== Exercise goal ==
Copy exactly, please, each line of the data below until the line that contains "use std::collections::VecDeque;" has been copied, beginning at the top.
^^^^^^^^
//! A gate in memory, for tests and for proofs.

ghost use Rattle.std.specs.Prelude.{◌≡◌, ◌≢◌, ◌≤◌, ◌<◌, ◌++◌, ◌∷◌, [], ℕ, map, min, take, drop, length, slice_get, slice_set, not, true, false, Some, None, IsTrue, IfOk, IfSome, OnOk, OnErr, vec_capacity};
ghost use Rattle.um_gate.specs.Events.{accepted, read, wrote, dropped, came};
ghost use Rattle.um_gate.specs.Fakes as model;
ghost use Rattle.um_gate.specs.Fakes.{after_accept, after_read, client_at, first_taken, given_up, is_due, is_free, is_there, limit_of, nobody, sent_by, unsent, with_client};
ghost use Rattle.um_gate.specs.Notes.{events_of};

use crate::gate::{CONNECTIONS, Gate, MOST_BYTES, Open};
use crate::note::Note;
use std::alloc::{AllocError, Global};
use std::collections::VecDeque;
use std::marker::Model;

/// A client of a gate in memory.
#[derive(Debug, Drop)]
struct Client {
    /// The number of its connection.
    number: usize,
    /// The bytes it sends, a part a read; an empty part is a moment of silence.
    parts: Vec<Vec<u8>>,
    /// It leaves once all is sent.
    leaves: bool,
    /// The most bytes that it takes of a write.
    limit: usize,
}

impl Model for Client {
    ghost Value = { model.Client };

    ghost view = { λ c. record { number = c.number; parts = map (λ part. part.items) c.parts.items; leaves = c.leaves; limit = c.limit } };
}

/// A gate in memory. It is honest, and keeps its list.
///
/// Its clients are given beforehand, each under a number, and wait to be accepted in the order in which they were given.
#[derive(Drop)]
pub struct FakeGate {
    alloc: Global,
    notes: Vec<Note>,
    /// Those that wait, the first first.
    waiting: VecDeque<Client>,
    /// Those that were accepted, by the numbers of their connections.
    places: Vec<Option<Client>>,
    /// The accept that fails, counted from now on: 1 is the next, 0 none.
    fuse: usize,
    /// An event is missing from the notes.
    lost: bool,
}

impl Model for FakeGate {
    ghost Value = { model.InMemory };

    ghost view = { λ g. record { past = events_of g.notes.items; is_whole = not g.lost; clients = record { waiting = g.waiting.items; places = g.places.items; fuse = g.fuse } } };

    ghost invariant = { λ g. length g.places.items ≡ 64 };
}

/// The bytes again, where there is memory.
fn copied(alloc: Global, bytes: &[u8]) -> Option<Vec<u8>>
    ensures { IfSome result (λ copy. copy.items ≡ bytes.now) }
{
    let mut copy = Vec::new(alloc);
    copy.extend_from_slice(bytes).ok()?;
    Some(copy)
}

/// Notes a read, where there is memory.
fn note_read(
    alloc: Global,
    notes: &mut Vec<Note>,
    number: usize,
    most: usize,
    is_open: bool,
    bytes: &[u8],
) -> bool
    ensures { result ≡ true → events_of notes.new.items ≡ events_of notes.old.items ++ read number most (came is_open bytes.now) ∷ [] }
{
    if !is_open {
        return notes.push(Note::Closed { number, most }).is_ok();
    }
    let Some(bytes) = copied(alloc, bytes) else {
        return false;
    };
    let note = Note::Came {
        number,
        most,
        bytes,
    };
    notes.push(note).is_ok()
}

/// Notes a write, where there is memory.
fn note_write(
    alloc: Global,
    notes: &mut Vec<Note>,
    number: usize,
    offered: &[u8],
    taken: &[u8],
) -> bool
    ensures { result ≡ true → events_of notes.new.items ≡ events_of notes.old.items ++ wrote number offered.now taken.now ∷ [] }
{
    let (Some(offered), Some(taken)) = (copied(alloc, offered), copied(alloc, taken)) else {
        return false;
    };
    let note = Note::Wrote {
        number,
        offered,
        taken,
    };
    notes.push(note).is_ok()
}

/// The connections of those that are there.
fn open_of(places: &[Option<Client>]) -> Open
    requires { length places.now ≡ 64 }
    ensures { (n : ℕ) → n < 64 → slice_get result.is_open n ≡ Some (is_there (client_at n places.now)) }
{
    let mut is_open = [false; CONNECTIONS];
    for number in 0..CONNECTIONS {
        is_open[number] = places[number].is_some();
    }
    Open { is_open }
}

/// As many free places as there are connections.
fn free_places(alloc: Global) -> Result<Vec<Option<Client>>, AllocError>
    ensures { IfOk result (λ places. places.items ≡ nobody.places) }
{
    let mut places = Vec::with_capacity(alloc, CONNECTIONS)?;
    for _ in 0..CONNECTIONS {
        places.push(None)?;
    }
    Ok(places)
}

/// Takes the front of a part, `most` bytes at most.
fn take_front(part: &mut Vec<u8>, most: usize, bytes: &mut Vec<u8>)
    requires empty { bytes.old.items ≡ [] }
    requires room { most ≤ vec_capacity bytes.old }
    ensures came { bytes.new.items ≡ take most part.old.items }
    ensures bound { length bytes.new.items ≤ most }
    ensures left { part.new.items ≡ drop most part.old.items }
{
    let size = part.len().min(most);
    match bytes.extend_from_slice(&part[..size]) {
        Ok(()) => {}
        Err(_) => unreachable!(),
    }
    part.drain(..size);
}

impl Client {
    /// Sends the next part, `most` bytes of it at most.
    fn send(&mut self, most: usize, bytes: &mut Vec<u8>)
        requires some { self.old.parts ≢ [] }
        requires empty { bytes.old.items ≡ [] }
        requires room { most ≤ vec_capacity bytes.old }
        ensures came { Some bytes.new.items ≡ sent_by most (Some self.old) }
        ensures bound { length bytes.new.items ≤ most }
        ensures left { self.new ≡ record self.old { parts = unsent most self.old.parts } }
    {
        let is_all = self.parts[0].len() <= most;
        take_front(&mut self.parts[0], most, bytes);
        if is_all {
            self.parts.remove(0);
        }
    }
}

/// Reads the bytes that are there of a place, and returns whether it is open still.
fn read_place(place: &mut Option<Client>, most: usize, bytes: &mut Vec<u8>) -> bool
    requires empty { bytes.old.items ≡ [] }
    requires room { most ≤ vec_capacity bytes.old }
    ensures came { came result bytes.new.items ≡ sent_by most place.old }
    ensures bound { length bytes.new.items ≤ most }
    ensures left { place.new ≡ after_read most place.old }
{
    let Some(client) = place else {
        return false;
    };
    if !client.parts.is_empty() {
        client.send(most, bytes);
        return true;
    }
    let leaves = client.leaves;
    if leaves {
        *place = None;
    }
    !leaves
}

/// Reads the bytes that are there of the place of a number.
fn read_at(
    places: &mut Vec<Option<Client>>,
    number: usize,
    most: usize,
    bytes: &mut Vec<u8>,
) -> bool
    requires empty { bytes.old.items ≡ [] }
    requires room { most ≤ vec_capacity bytes.old }
    ensures came { came result bytes.new.items ≡ sent_by most (client_at number places.old.items) }
    ensures bound { length bytes.new.items ≤ most }
    ensures left { places.new.items ≡ slice_set places.old.items number (after_read most (client_at number places.old.items)) }
{
    if number >= places.len() {
        return false;
    }
    read_place(&mut places[number], most, bytes)
}

/// How many bytes of a write the client of a place takes at most.
fn limit_of(place: &Option<Client>) -> usize
    ensures { result ≡ limit_of place.now }
{
    match place {
        Some(client) => client.limit,
        None => 0,
    }
}

/// The client of a place is gone: it sends nothing more, and takes nothing.
fn give_up(place: &mut Option<Client>)
    ensures { place.new ≡ given_up place.old }
{
    if let Some(client) = place {
        client.parts.clear();
        client.leaves = true;
        client.limit = 0;
    }
}

/// The client of a number is gone.
fn give_up_at(places: &mut Vec<Option<Client>>, number: usize)
    ensures { places.new.items ≡ slice_set places.old.items number (given_up (client_at number places.old.items)) }
{
    if number >= places.len() {
        return;
    }
    give_up(&mut places[number]);
}

/// Takes a client under its number; where that isn't free its connection is closed unread.
fn take_client(places: &mut Vec<Option<Client>>, client: Client)
    ensures { places.new.items ≡ with_client client places.old.items }
{
    let number = client.number;
    if number >= places.len() || places[number].is_some() {
        return;
    }
    places[number] = Some(client);
}

impl FakeGate {
    /// A gate to which no client has connected yet.
    pub fn new(alloc: Global) -> Result<FakeGate, AllocError>
        ensures past { IfOk result (λ gate. gate.past ≡ []) }
        ensures whole { IfOk result (λ gate. gate.is_whole ≡ true) }
        ensures clients { IfOk result (λ gate. gate.clients ≡ nobody) }
    {
        Ok(FakeGate {
            alloc,
            notes: Vec::new(alloc),
            waiting: VecDeque::new(alloc),
            places: free_places(alloc)?,
            fuse: 0,
            lost: false,
        })
    }

    /// A client connects, after those that wait. Under its number it sends these parts: one a read, or as much of it as
    /// that reads at most. It leaves then, if it `leaves`, and takes at most `limit` bytes of a write. If there is no
    /// memory for it, it doesn't connect.
    pub fn client(
        &mut self,
        number: usize,
        parts: Vec<Vec<u8>>,
        leaves: bool,
        limit: usize,
    ) -> Result<(), AllocError>
        ensures comes { OnOk result (self.new.clients ≡ record self.old.clients {
          waiting = self.old.clients.waiting
              ++ record { number = number; parts = map (λ part. part.items) parts.items; leaves = leaves; limit = limit } ∷ [];
        }) }
        ensures err { OnErr result (self.new.clients ≡ self.old.clients) }
        ensures past { self.new.past ≡ self.old.past }
        ensures whole { self.new.is_whole ≡ self.old.is_whole }
    {
        let client = Client {
            number,
            parts,
            leaves,
            limit,
        };
        self.waiting.push_back(client)?;
        Ok(())
    }

    /// Fails the `fails`-th accept from now on: it takes nobody, and each client that waits goes on waiting. With 0
    /// none fails.
    pub fn fuse(&mut self, fails: usize)
        ensures { self.new ≡ record self.old { clients = record self.old.clients { fuse = fails } } }
    {
        self.fuse = fails;
    }

    /// Its events so far, the oldest first.
    pub fn notes(&self) -> &[Note]
        ensures { events_of result.now ≡ self.now.past }
    {
        self.notes.as_slice()
    }

    /// Takes the client that connected first, if its number is free.
    fn take_first(&mut self)
        ensures clients { self.new.clients ≡ first_taken self.old.clients.waiting self.old.clients }
        ensures past { self.new.past ≡ self.old.past }
        ensures whole { self.new.is_whole ≡ self.old.is_whole }
    {
        let Some(client) = self.waiting.pop_front() else {
            return;
        };
        take_client(&mut self.places, client);
    }
}

impl Gate for FakeGate {
    ghost past = { λ gate. gate.past };

    ghost whole = { λ gate. gate.is_whole };

    ghost honest = { λ _. true };

    fn accept(&mut self) -> Open
        ensures past { IsTrue true → IsTrue self.new.is_whole → self.new.past ≡ self.old.past ++ accepted result.is_open ∷ [] }
        ensures whole { IsTrue self.new.is_whole → IsTrue self.old.is_whole }
        ensures honest { true ≡ true }
        ensures clients { self.new.clients ≡ after_accept self.old.clients }
        ensures open { (n : ℕ) → n < 64 → slice_get result.is_open n ≡ Some (is_there (client_at n self.new.clients.places)) }
    {
        let fails = self.fuse == 1;
        self.fuse = self.fuse.saturating_sub(1);
        if !fails {
            self.take_first();
        }
        let open = open_of(self.places.as_slice());
        if self.notes.push(Note::Accepted(open)).is_err() {
            self.lost = true;
        }
        open
    }

    fn read(&mut self, number: usize, most: usize, bytes: &mut Vec<u8>) -> bool
        requires empty { bytes.old.items ≡ [] }
        requires few { most ≤ MOST_BYTES }
        requires room { most ≤ vec_capacity bytes.old }
        ensures past { IsTrue true → IsTrue self.new.is_whole → self.new.past ≡ self.old.past ++ read number most (came result bytes.new.items) ∷ [] }
        ensures whole { IsTrue self.new.is_whole → IsTrue self.old.is_whole }
        ensures honest { true ≡ true }
        ensures clients { self.new.clients ≡ record self.old.clients { places = slice_set self.old.clients.places number (after_read most (client_at number self.old.clients.places)) } }
        ensures bound { length bytes.new.items ≤ most }
        ensures came { came result bytes.new.items ≡ sent_by most (client_at number self.old.clients.places) }
    {
        let is_open = read_at(&mut self.places, number, most, bytes);
        if !note_read(
            self.alloc,
            &mut self.notes,
            number,
            most,
            is_open,
            bytes.as_slice(),
        ) {
            self.lost = true;
        }
        is_open
    }

    fn write(&mut self, number: usize, bytes: &[u8]) -> usize
        ensures past { IsTrue true → IsTrue self.new.is_whole → self.new.past ≡ self.old.past ++ wrote number bytes.now (take result bytes.now) ∷ [] }
        ensures whole { IsTrue self.new.is_whole → IsTrue self.old.is_whole }
        ensures honest { true ≡ true }
        ensures clients { self.new.clients ≡ self.old.clients }
        ensures bound { result ≤ length bytes.now }
        ensures taken { result ≡ min (limit_of (client_at number self.old.clients.places)) (length bytes.now) }
    {
        let count = match self.places.get(number) {
            Some(place) => limit_of(place).min(bytes.len()),
            None => 0,
        };
        if !note_write(self.alloc, &mut self.notes, number, bytes, &bytes[..count]) {
            self.lost = true;
        }
        count
    }

    fn drop_connection(&mut self, number: usize)
        ensures past { IsTrue true → IsTrue self.new.is_whole → self.new.past ≡ self.old.past ++ dropped number ∷ [] }
        ensures whole { IsTrue self.new.is_whole → IsTrue self.old.is_whole }
        ensures honest { true ≡ true }
        ensures clients { self.new.clients ≡ record self.old.clients { places = slice_set self.old.clients.places number (given_up (client_at number self.old.clients.places)) } }
    {
        give_up_at(&mut self.places, number);
        if self.notes.push(Note::Dropped(number)).is_err() {
            self.lost = true;
        }
    }
}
^^^^^^^^
== Reply ==
//! A gate in memory, for tests and for proofs.

ghost use Rattle.std.specs.Prelude.{◌≡◌, ◌≢◌, ◌≤◌, ◌<◌, ◌++◌, ◌∷◌, [], ℕ, map, min, take, drop, length, slice_get, slice_set, not, true, false, Some, None, IsTrue, IfOk, IfSome, OnOk, OnErr, vec_capacity};
ghost use Rattle.um_gate.specs.Events.{accepted, read, wrote, dropped, came};
ghost use Rattle.um_gate.specs.Fakes as model;
ghost use Rattle.um_gate.specs.Fakes.{after_accept, after_read, client_at, first_taken, given_up, is_due, is_free, is_there, limit_of, nobody, sent_by, unsent, with_client};
ghost use Rattle.um_gate.specs.Notes.{events_of};

use crate::gate::{CONNECTIONS, Gate, MOST_BYTES, Open};
use crate::note::Note;
use std::alloc::{AllocError, Global};
use std::collections::VecDeque;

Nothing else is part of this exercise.